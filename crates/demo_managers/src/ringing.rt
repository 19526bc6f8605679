ghost use Rattle.demo_managers.specs.Bell.{bell_connect, bell_io};

use crate::bell::{Bell, Bells};
use qx_machine::{Effect, NewDup, NewOpen, Ocb, Opened, PulseWish, Wish};
use qx_queues::{Leaving, PipeCall};
use qx_resmgr::{Connect, Done, Io, no_function};
use qx_rows::{Reply, Room};
use qx_shared::{Shared, Side};
use qx_types::{Errno, NotifyAction, Whence};
use qx_wire::Rest;
use std::alloc::AllocError;

/// The manager of a bell.
pub struct Ringing;

impl Connect<Bell, Shared, Bells> for Ringing {
    ghost connect = { λ _. bell_connect };

    fn open(
        &self,
        state: &mut Bell,
        _waits: &mut Shared,
        over: Result<NewOpen, Errno>,
        rest: &Rest<'_>,
        wish: Wish,
    ) -> Result<Result<Done, Errno>, AllocError> {
        let over = match over {
            Ok(over) => over,
            Err(error) => return Ok(Err(error)),
        };
        if rest.components().next().is_some() {
            return Ok(Err(Errno::ENOENT));
        }
        let number = match state.blocks.free_number() {
            Ok(number) => number,
            Err(error) => return Ok(Err(error)),
        };
        let block = Ocb {
            inode: over.root,
            flags: wish.flags,
            offset: 0,
            uses: 1,
            client: over.client,
        };
        state.blocks.put(number, block)?;
        Ok(Ok(Done::Reply {
            status: over.coid.0 as u64,
            effect: Effect::Opens {
                coid: over.coid,
                block: number,
            },
        }))
    }

    fn stat(
        &self,
        _state: &mut Bell,
        _waits: &mut Shared,
        _root: Result<u32, Errno>,
        _rest: &Rest<'_>,
        _moment: u64,
        _reply: &mut Reply,
    ) -> Result<Done, Errno> {
        no_function()
    }

    fn unlink(
        &self,
        _state: &mut Bell,
        _waits: &mut Shared,
        _root: Result<u32, Errno>,
        _rest: &Rest<'_>,
        _moment: u64,
    ) -> Result<Done, Errno> {
        no_function()
    }

    fn rename(
        &self,
        _state: &mut Bell,
        _waits: &mut Shared,
        _root: Result<u32, Errno>,
        _from: &Rest<'_>,
        _to: &Rest<'_>,
        _moment: u64,
    ) -> Result<Done, Errno> {
        no_function()
    }

    fn mknod(
        &self,
        _state: &mut Bell,
        _waits: &mut Shared,
        _root: Result<u32, Errno>,
        _mode: u16,
        _rest: &Rest<'_>,
        _moment: u64,
    ) -> Result<Result<Done, Errno>, AllocError> {
        Ok(no_function())
    }
}

impl Io<Bell, Shared, Bells> for Ringing {
    ghost use Rattle.demo_managers.specs.Bell.{CanWork};

    ghost io = { λ _. bell_io };

    ghost ready = { CanWork };

    fn read(
        &self,
        state: &mut Bell,
        waits: &mut Shared,
        opened: Result<Opened, Errno>,
        count: u32,
        _reply: &mut Reply,
        room: &mut Option<Room>,
    ) -> Result<Done, Errno> {
        let opened = opened?;
        if opened.is_asked {
            return Err(Errno::EINTR);
        }
        let Some(room) = room.take() else {
            unreachable!()
        };
        let call = PipeCall::reading(opened, count, room);
        waits.wait(state.user, state.inode, Side::Reading, call);
        Ok(Done::NoReply)
    }

    fn write(
        &self,
        state: &mut Bell,
        waits: &mut Shared,
        opened: Result<Opened, Errno>,
        bytes: &[u8],
        _room: &mut Option<Room>,
    ) -> Result<Result<Done, Errno>, AllocError> {
        if let Err(error) = opened {
            return Ok(Err(error));
        }
        waits.dismiss(
            state.user,
            state.inode,
            Side::Reading,
            Leaving::All,
            Ok((0, &[])),
        );
        Ok(Ok(Done::keeps(bytes.len() as u64)))
    }

    fn close(
        &self,
        state: &mut Bell,
        waits: &mut Shared,
        opened: Result<Opened, Errno>,
    ) -> Result<Done, Errno> {
        let opened = opened?;
        state.blocks.free(opened.number);
        waits.dismiss(
            state.user,
            state.inode,
            Side::Reading,
            Leaving::Block(opened.number),
            Err(Errno::EBADF),
        );
        Ok(Done::Reply {
            status: 0,
            effect: Effect::Closes(opened.coid),
        })
    }

    fn dup(
        &self,
        _state: &mut Bell,
        _waits: &mut Shared,
        _dup: Result<NewDup, Errno>,
    ) -> Result<Done, Errno> {
        no_function()
    }

    fn lseek(
        &self,
        _state: &mut Bell,
        _waits: &mut Shared,
        _opened: Result<Opened, Errno>,
        _whence: Whence,
        _offset: i64,
    ) -> Result<Done, Errno> {
        no_function()
    }

    fn fstat(
        &self,
        _state: &mut Bell,
        _waits: &mut Shared,
        _opened: Result<Opened, Errno>,
        _reply: &mut Reply,
    ) -> Result<Done, Errno> {
        no_function()
    }

    fn list(
        &self,
        _state: &mut Bell,
        _waits: &mut Shared,
        _opened: Result<Opened, Errno>,
        _after: &[u8],
        _reply: &mut Reply,
    ) -> Result<Done, Errno> {
        no_function()
    }

    fn chmod(
        &self,
        _state: &mut Bell,
        _waits: &mut Shared,
        _opened: Result<Opened, Errno>,
        _mode: u16,
    ) -> Result<Done, Errno> {
        no_function()
    }

    fn notify(
        &self,
        _state: &mut Bell,
        _waits: &mut Shared,
        _opened: Result<Opened, Errno>,
        _action: NotifyAction,
        _wish: PulseWish,
    ) -> Result<Result<Done, Errno>, AllocError> {
        Ok(no_function())
    }
}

========

- About this task
Pull out the lines above in which the word "Whence" appears.

- Solution for this task
use qx_types::{Errno, NotifyAction, Whence};
        _whence: Whence,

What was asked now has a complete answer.